Por: Mario Ponce Lavalle – Quito

Hoy vi, creo que por vigésima o vigésimo quinta vez, la película “Perfume de mujer” …

En mi humilde opinión, una de las grandes películas que se han hecho a través de la historia del cine, donde Al Pacino se consagra, interpretando al Teniente Coronel Frank Slade: un recio veterano de la guerra de Vietnam, que perdió la visión por beber alcohol no procesado para consumo humano…

Su coprotagoniza, Charlie Sims -encarnado en el actor Chris O’Donnell- es un brillante joven, de escasos recursos económicos, que disfruta de una beca en uno de los más selectos colegios de la alta burguesía en Nueva Inglaterra; quien involuntariamente es testigo, junto a otro de sus amigos, de un acto de vandalismo juvenil, realizado por varios de sus compañeros en dicha institución, contra el automóvil del severo rector de aquel “almidonado” colegio…

Esta situación, tiene lugar en la víspera de salir al feriado por Acción de Gracias, por lo cual el Rector ha anunciado un Proceso Disciplinario -a modo de Juicio público- frente a todo el alumnado, una vez retornen del feriado, para descubrir: Quienes fueron los vándalos que actuaron en contra del automotor del Rector… Charlie Sims, y George Willis -un acaudalado niñato, típico “hijo de papi”- serán los involuntarios testigos sometidos a ese “Juicio”, cuyo objetivo es: denunciar a sus compañeros…y someterlos a expulsión del colegio…

Charlie, se había comprometido a acompañar al invidente Teniente Coronel Slade a Nueva York, por una paga que para él era importante.
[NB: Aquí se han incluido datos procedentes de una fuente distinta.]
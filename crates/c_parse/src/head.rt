//! What functions and variables begin with.

use c_tree::{CType, Name, Star, Store};
use sqlite_items::Items;

/// What functions and variables at the outside of a file begin with (ISO C 6.9).
#[derive(Drop)]
pub struct Head {
    /// `static` or `extern`.
    pub store: Option<Store>,
    /// The type, without the stars.
    pub kind: CType,
    /// The stars.
    pub stars: Items<Star>,
    /// The name.
    pub name: Name,
}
Slade a su vez, tenía como meta, quitarse la vida en ese viaje… atormentado por su ceguera…

Charlie, nada sabia sobre el macabro propósito… mientras su preocupación por “el Juicio” en su colegio, ponía en peligro su beca, atormentándolo, si no denunciaba a sus compañeros…

La película, desarrolla varias de las escenas más célebres y divertidas, a la vez de dramáticas, que el cine pueda recordar: el baile de tango de Slade -un apuesto, elegante e impecable hombre maduro- con una muy bella joven que esperaba a su novio en un muy elegante hotel de Nueva York, ¡es sublime y memorable…! La escena de probar a alta velocidad, un costosísimo Ferrari descapotable, en los arrabales de la ciudad, con el ciego Slade al volante, y un aterrado Charlie haciendo las veces de navegante para que el ciego de las curvas a 90 grados y a alta velocidad, ¡es espectacular…!

Y no se diga, de la inesperada compañía de Slade a Charlie en “el Juicio” a modo de Padre delegado, donde su discurso frente a todo el colegio y todo el plantel de profesores, RESCATA LOS VALORES DE LA INTEGRIDAD, como un mérito moral de Charlie, quien, pese a verse en peligro de seguir usufructuando de su beca, ¡en un colegio inalcanzable para él! ¡NO está dispuesto a ser un soplón gratuito, contra sus amigos…!

Hoy, he decidido escribir sobre esta maravilla cinematográfica, ¡HASTIADO de la FALTA DE INTEGRIDAD que campea en el Ecuador…!

Una sarta de pillos y avivatos, torpes y de poca monta, pululan por doquier… sin valorar las altas funciones de Estado que les han sido encomendadas; tal vez, solamente respondiendo a la confianza, ¡que implica uno de los valores más nobles que tiene el ser humano, como es la amistad…!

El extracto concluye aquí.